// Timestamps, commit records and tickets, the calls on a register with their answers and refusals,
// and the ledger: the commit records with the sites' clocks.
#![tactic(auto)]

pub mod call;
pub mod ledger;
pub mod limits;
mod number;
pub mod record;
pub mod refusal;
pub mod time;
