// The line that an answer is printed as.
ghost use Rattle.std.specs.Prelude.{◌≡◌, ◌<◌, ◌++◌, ℕ, List, decimal, OnOk};
ghost use Rattle.std.specs.String.{string_bytes};
ghost use Rattle.script.specs.Printed.{printed, shown};

use itoa::Buffer;
use kinds::seats::Seats;
use ledger::call::Answer;
use ledger::record::standing_word;
use std::alloc::AllocError;

// What texts and digits go behind. A line goes there by its pieces: by `Display` it takes up to twice as long.
trait Output {
    ghost bytes: { Self → List ℕ };

    fn put(&mut self, text: &str) -> Result<(), AllocError>
        ensures { OnOk result (bytes self.new ≡ bytes self.old ++ text.now) };

    fn put_digit(&mut self, digit: u8) -> Result<(), AllocError>
        requires { digit < 10 }
        ensures { OnOk result (bytes self.new ≡ bytes self.old ++ decimal digit) };
}

impl Output for String {
    ghost bytes = { string_bytes };

    fn put(&mut self, text: &str) -> Result<(), AllocError> {
        self.push_str(text)
    }

    fn put_digit(&mut self, digit: u8) -> Result<(), AllocError> {
        self.push(char::from(b'0' + digit))
    }
}

impl Output for Vec<u8> {
    ghost bytes = { λ v. v.items };

    fn put(&mut self, text: &str) -> Result<(), AllocError> {
        self.extend_from_slice(text.as_bytes())
    }

    fn put_digit(&mut self, digit: u8) -> Result<(), AllocError> {
        self.extend_from_slice(&[b'0' + digit])
    }
}

// A number in decimal. Most have one digit, and that is put without a call.
#[inline(always)]
fn put_number<O: Output>(output: &mut O, number: u32) -> Result<(), AllocError>
    ensures { OnOk result (O.Output.bytes output.new ≡ O.Output.bytes output.old ++ decimal number) }
{
    if number < 10 {
        return output.put_digit(number as u8);
    }
    output.put(Buffer::new().format(number))
}

// An answer's line without its end.
fn put_answer<O: Output>(output: &mut O, answer: &Answer<Seats>) -> Result<(), AllocError>
    ensures { OnOk result (O.Output.bytes output.new ≡ O.Output.bytes output.old ++ shown answer.now) }
{
    match *answer {
        Answer::Began((_, creation)) => {
            output.put("+ ")?;
            put_number(output, creation)
        }
        Answer::Value(seats) => {
            output.put("= ")?;
            output.put(Buffer::new().format(i16::from(seats)))
        }
        Answer::Wait(record) => {
            output.put("w ")?;
            put_number(output, record)
        }
        Answer::Done => output.put("."),
        Answer::Settled((sealed, dropped)) => {
            output.put("s ")?;
            put_number(output, sealed)?;
            output.put(" ")?;
            put_number(output, dropped)
        }
        Answer::Stands(standing, tokens) => {
            output.put("q ")?;
            output.put(standing_word(standing))?;
            output.put(" ")?;
            put_number(output, tokens)
        }
        Answer::Refused(refusal) => {
            output.put("- ")?;
            put_number(output, u32::from(refusal.number()))
        }
    }
}

// An answer's line goes behind what the text has.
pub fn write_line(text: &mut String, answer: &Answer<Seats>) -> Result<(), AllocError>
    ensures { OnOk result (string_bytes text.new ≡ string_bytes text.old ++ printed answer.now) }
{
    put_answer(text, answer)?;
    text.put("\n")
}

// An answer's line goes behind what the output has.
pub fn print(output: &mut Vec<u8>, answer: &Answer<Seats>) -> Result<(), AllocError>
    ensures { OnOk result (output.new.items ≡ output.old.items ++ printed answer.now) }
{
    put_answer(output, answer)?;
    output.put("\n")
}
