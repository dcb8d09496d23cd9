ghost use Rattle.std.specs.Prelude.{◌≡◌, ◌==◌};
ghost use Rattle.ledger.specs.Time.{pseudo, creation_of};

use crate::limits::PER_CREATION;
use history::item::Item;

// The pseudo-time of a creation and a selection.
pub(crate) fn pseudo_time(creation: u32, selection: u32) -> u64
    ensures { result ≡ pseudo creation selection }
{
    u64::from(creation) * PER_CREATION + u64::from(selection)
}

// Whether an item starts at a pseudo-time of this creation.
pub fn starts_under(item: Item, creation: u32) -> bool
    ensures { result ≡ (creation_of item.start == creation) }
{
    item.start / PER_CREATION == u64::from(creation)
}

****************

The records above are to be repeated exactly, in their entirety.

// Timestamps, commit records and tickets, the calls on a register with their answers and refusals,
// and the ledger: the commit records with the sites' clocks.
#![tactic(auto)]

pub mod call;
pub mod ledger;
pub mod limits;
mod number;
pub mod record;
pub mod refusal;
pub mod time;
// The line that an answer is printed as.
ghost use Rattle.std.specs.Prelude.{◌≡◌, ◌<◌, ◌++◌, ℕ, List, decimal, OnOk};
ghost use Rattle.std.specs.String.{string_bytes};
ghost use Rattle.script.specs.Printed.{printed, shown};

use itoa::Buffer;
use kinds::seats::Seats;
use ledger::call::Answer;
use ledger::record::standing_word;
use std::alloc::AllocError;

// What texts and digits go behind. A line goes there by its pieces: by `Display` it takes up to twice as long.
trait Output {
    ghost bytes: { Self → List ℕ };

    fn put(&mut self, text: &str) -> Result<(), AllocError>
        ensures { OnOk result (bytes self.new ≡ bytes self.old ++ text.now) };

    fn put_digit(&mut self, digit: u8) -> Result<(), AllocError>
        requires { digit < 10 }
        ensures { OnOk result (bytes self.new ≡ bytes self.old ++ decimal digit) };
}

impl Output for String {
    ghost bytes = { string_bytes };

    fn put(&mut self, text: &str) -> Result<(), AllocError> {
        self.push_str(text)
    }

    fn put_digit(&mut self, digit: u8) -> Result<(), AllocError> {
        self.push(char::from(b'0' + digit))
    }
}

impl Output for Vec<u8> {
    ghost bytes = { λ v. v.items };

    fn put(&mut self, text: &str) -> Result<(), AllocError> {
        self.extend_from_slice(text.as_bytes())
    }

    fn put_digit(&mut self, digit: u8) -> Result<(), AllocError> {
        self.extend_from_slice(&[b'0' + digit])
    }
}

// A number in decimal. Most have one digit, and that is put without a call.
#[inline(always)]
fn put_number<O: Output>(output: &mut O, number: u32) -> Result<(), AllocError>
    ensures { OnOk result (O.Output.bytes output.new ≡ O.Output.bytes output.old ++ decimal number) }
{
    if number < 10 {
        return output.put_digit(number as u8);
    }
    output.put(Buffer::new().format(number))
}

// An answer's line without its end.
fn put_answer<O: Output>(output: &mut O, answer: &Answer<Seats>) -> Result<(), AllocError>
    ensures { OnOk result (O.Output.bytes output.new ≡ O.Output.bytes output.old ++ shown answer.now) }
{
    match *answer {
        Answer::Began((_, creation)) => {
            output.put("+ ")?;
            put_number(output, creation)
        }
        Answer::Value(seats) => {
            output.put("= ")?;
            output.put(Buffer::new().format(i16::from(seats)))
        }
        Answer::Wait(record) => {
            output.put("w ")?;
            put_number(output, record)
        }
        Answer::Done => output.put("."),
        Answer::Settled((sealed, dropped)) => {
            output.put("s ")?;
            put_number(output, sealed)?;
            output.put(" ")?;
            put_number(output, dropped)
        }
        Answer::Stands(standing, tokens) => {
            output.put("q ")?;
            output.put(standing_word(standing))?;
            output.put(" ")?;
            put_number(output, tokens)
        }
        Answer::Refused(refusal) => {
            output.put("- ")?;
            put_number(output, u32::from(refusal.number()))
        }
    }
}

// An answer's line goes behind what the text has.
pub fn write_line(text: &mut String, answer: &Answer<Seats>) -> Result<(), AllocError>
    ensures { OnOk result (string_bytes text.new ≡ string_bytes text.old ++ printed answer.now) }
{
    put_answer(text, answer)?;
    text.put("\n")
}

// An answer's line goes behind what the output has.
pub fn print(output: &mut Vec<u8>, answer: &Answer<Seats>) -> Result<(), AllocError>
    ensures { OnOk result (output.new.items ≡ output.old.items ++ printed answer.now) }
{
    put_answer(output, answer)?;
    output.put("\n")
}
repository dcb8d09496d23cd9
ghost use Rattle.std.specs.Prelude.{◌≡◌, ◌==◌};
ghost use Rattle.ledger.specs.Time.{pseudo, creation_of};

use crate::limits::PER_CREATION;
use history::item::Item;

// The pseudo-time of a creation and a selection.
pub(crate) fn pseudo_time(creation: u32, selection: u32) -> u64
    ensures { result ≡ pseudo creation selection }
{
    u64::from(creation) * PER_CREATION + u64::from(selection)
}

// Whether an item starts at a pseudo-time of this creation.
pub fn starts_under(item: Item, creation: u32) -> bool
    ensures { result ≡ (creation_of item.start == creation) }
{
    item.start / PER_CREATION == u64::from(creation)
}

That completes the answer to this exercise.